Despite current concerns in the UK about working conditions and breaches of safety standards in agriculture involving eastern European migrants, there is conclusive evidence that others in different occupations are benefiting from short term employment opportunities. As part of research funded by the Economic and Social Research Council, almost 200 Slovakian migrants were interviewed on returning home about their experiences in Britain. Virtually all believed their period abroad had been worthwhile.
Those questioned included: professionals and managers; students; and au pairs, the majority of whom felt that the most important positive effect was returning home with enhanced social skills, self confidence, and networking and language competencies. The research, carried out by Professor Allan Williams of the University of Exeter, also highlighted that all three groups of migrants were equally positive that their UK experiences had led to better jobs and higher salaries in Slovakia. Even au pairs, whose jobs had been largely confined to household and care duties, spoke strongly of the economic benefits that had resulted from work in the UK.
Most of the migrants interviewed had spent a relatively short time in the UK, from just over six months to almost eleven months on average. As a consequence, a steep learning curve in the acquisition of skills, competencies and knowledge had taken place, most of which occurred through informal learning opportunities. Based on self-assessment, another sign of the positive impact of their short time in the UK was that migrants had a strong interest in permanently working abroad in future.
"Our studies provide evidence to support the view that short term migration represents a win-win for migrants, the UK and Slovakia," said Professor Williams. "Overall, Britain benefits from the work undertaken, the migrants gain skills and competencies of economic value, and Slovakia acquires a workforce with enhanced capabilities and knowledge."
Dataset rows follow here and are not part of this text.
// A walk along a line's course: from one dot's byte to the next one's, with no product, no division and no question whether
// a dot is drawable.
ghost use Rattle.std.specs.Prelude.{◌≡◌, ◌+◌, ◌*◌, ◌<◌, ◌≤◌, length, if◌then◌else◌, slice_set};
ghost use Rattle.raster.specs.Rects.{pixels};
ghost use Rattle.lines.specs.Walks.{stretch_b, stride, next_place, AllSeen, Paced, Reached};

use crate::course::{Course, FairCourse};
use crate::dashes::Pattern;
use crate::span::Span;
use raster::biased::twice_of;
use raster::rect::byte_of;

// How far aside a dot is, q, and what is left there, e, in parts of 2n.
#[derive(Clone, Copy)]
pub struct Slope {
    pub q: u32,
    pub e: u32,
}

impl FairCourse {
    // At dot k: one division, and none at the first dot.
    fn slope(self, k: u32) -> Slope
        requires { k ≤ self.course.n }
        ensures { Reached self.course k result.q result.e }
    {
        let l = self.course;
        let h = l.half();
        if k == 0 {
            return Slope { q: 0, e: h };
        }
        let t = twice_of(k, l.m) + u64::from(h);
        let d = 2 * u64::from(l.n);
        Slope {
            q: (t / d) as u32,
            e: (t % d) as u32,
        }
    }
}

// The bytes from a dot to its neighbour in the row, or else in the column.
fn stride_of(in_row: bool, w: u32) -> usize
    ensures { result ≡ stride in_row w }
{
    if in_row { 1 } else { w as usize }
}

// What a step adds to a dot's byte: straight on, or on and one aside. The latter may lead back, so it is added modulo 2^64.
#[derive(Clone, Copy)]
pub struct Pace {
    pub on: usize,
    pub aside: usize,
}

fn pace_of(w: u32, l: Course) -> Pace
    requires { w ≤ 2048 }
    ensures { Paced w l result }
{
    let on = stride_of(l.flat, w);
    let beside = stride_of(!l.flat, w);
    if l.up {
        Pace {
            on,
            aside: on + beside,
        }
    } else {
        Pace {
            on,
            aside: on.wrapping_sub(beside),
        }
    }
}

// A dot's byte, and what is left there.
#[derive(Clone, Copy)]
pub struct Place {
    pub at: usize,
    pub e: u32,
}

impl Place {
    // One step along the long axis: aside too where 2m more make 2n or more, which is where e is not below `room`.
    fn next(self, l: Course, p: Pace) -> Place
        requires { (l.m ≤ l.n) × (l.n < 131072) × (self.e < 2 * l.n) × (self.at < 4294967296) × (p.on ≤ 2048) }
        ensures { result ≡ next_place l p self.at self.e }
    {
        let room = 2 * (l.n - l.m);
        if self.e < room {
            Place {
                at: self.at + p.on,
                e: self.e + 2 * l.m,
            }
        } else {
            Place {
                at: self.at.wrapping_add(p.aside),
                e: self.e - room,
            }
        }
    }
}

// A byte gets the colour, or stays.
fn put(screen: &mut [u8], at: usize, painted: bool, c: u8)
    requires { at < length screen.old }
    ensures { screen.new ≡ (if painted then slice_set screen.old at c else screen.old) }
{
    if painted {
        screen[at] = c;
    }
}

// The dots of the span, all on the screen, of which the pattern may leave some out: all but the last in a loop.
pub fn walk<P: Pattern>(screen: &mut [u8], w: u32, l: FairCourse, s: Span, pattern: P, c: u8)
    requires all_seen { AllSeen w l.course s.from s.past screen.old }
    requires some_dot { (s.from < s.past) × (s.past ≤ l.course.n + 1) }
    ensures { screen.new ≡ pixels w (stretch_b (P.bits pattern) l.course s.from s.past) c screen.old }
{
    let last = s.past - 1;
    let slope = l.slope(s.from);
    let p = pace_of(w, l.course);
    let at = byte_of(w, l.spot(s.from, slope.q));
    let mut place = Place { at, e: slope.e };
    for k in s.from..last {
        put(screen, place.at, pattern.paints(l.course.number(k)), c);
        place = place.next(l.course, p);
    }
    put(screen, place.at, pattern.paints(l.course.number(last)), c);
}
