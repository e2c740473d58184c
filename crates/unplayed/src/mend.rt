// Mends a list: the mended one goes to standard output, a line for each word that was changed to standard error.
use errand::file::load_list;
use messages::mended::tell_mending;
use messages::words::refuse;
use output::list::write_list;
use outside::arguments::arg;
use outside::fail::fail;

// Three numbers for each of 65,536 words: room for every change.
const REPORT: usize = 196608;

// The list whose name is argument `at`. None where the mended one was not written, and a line has told why.
pub fn mend_list(rt: HostRuntime, at: usize, words: &mut [u16]) -> Option<()> {
    let mut room = io::buffer();
    let n = arg(&rt, at, &mut room);
    let name = &room[..n];
    let (list, _) = load_list(rt, name, name, words)?;
    let mut report = [0u32; REPORT];
    mend_words(rt, name, list, &mut report)
}

fn mend_words(
    rt: HostRuntime,
    name: &[u8],
    list: &mut [u16],
    report: &mut [u32; REPORT],
) -> Option<()> {
    let to = rt.stderr();
    let changes = mended(list, report)
        .map_err(|number| refuse(&to, name, number))
        .ok()?;
    write_list(&rt.stdout(), list)
        .map_err(|error| fail(&to, b"standard output", error))
        .ok()?;
    tell_mending(&to, name, report, changes);
    Some(())
}

// How many words it changed, or the number that it refuses the list with: what the mender says, with none of its promises, as no
// proof here leans on them.
fn mended(list: &mut [u16], report: &mut [u32]) -> Result<u32, u8> {
    let mended = mender::mend(list, report);
    if mended.number == 0 {
        Ok(mended.changes)
    } else {
        Err(mended.number)
    }
}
All three groups of migrants in the study were motivated more by cultural and English language goals, than by acquiring specific qualifications or job experience. Detrimentally, graduate migration had an estimated negative impact on Slovakia's GDP of about 0.6 per cent annually, but this was partially offset by individuals sending money home. As migrations were only for a relatively short period, there were constraints on the amount of savings built up by an individual while in the UK. Such savings were used as a financial buffer against future needs once back in Slovakia, rather than being a source of business investment or for use in house purchase.
"Short term migration is contributing to the shift in the Slovakian economy that is in transition from state socialism to a market economy," said Professor Williams. "We found that, on their return, many migrants considered that public sector employers didn't reward their newly acquired social skills, self confidence, networking capabilities and language competence. As a result, they moved into private sector employment where they were valued. Short term migration is helping to lubricate the economic transition in Slovakia."
Modelling, that compares the numbers of university graduates with the numbers remaining in the labour market, was also carried out as part of the project. It suggested that Slovakia experienced an annual average loss of 7,186 graduates in the last decade, representing approximately 37 per cent of the annual increase in graduates.
"Although at first sight this represents a startling 'brain drain', the positive experiences of those returning suggests the overall effect is moderated by migrants' learning experiences and the knowledge transfer."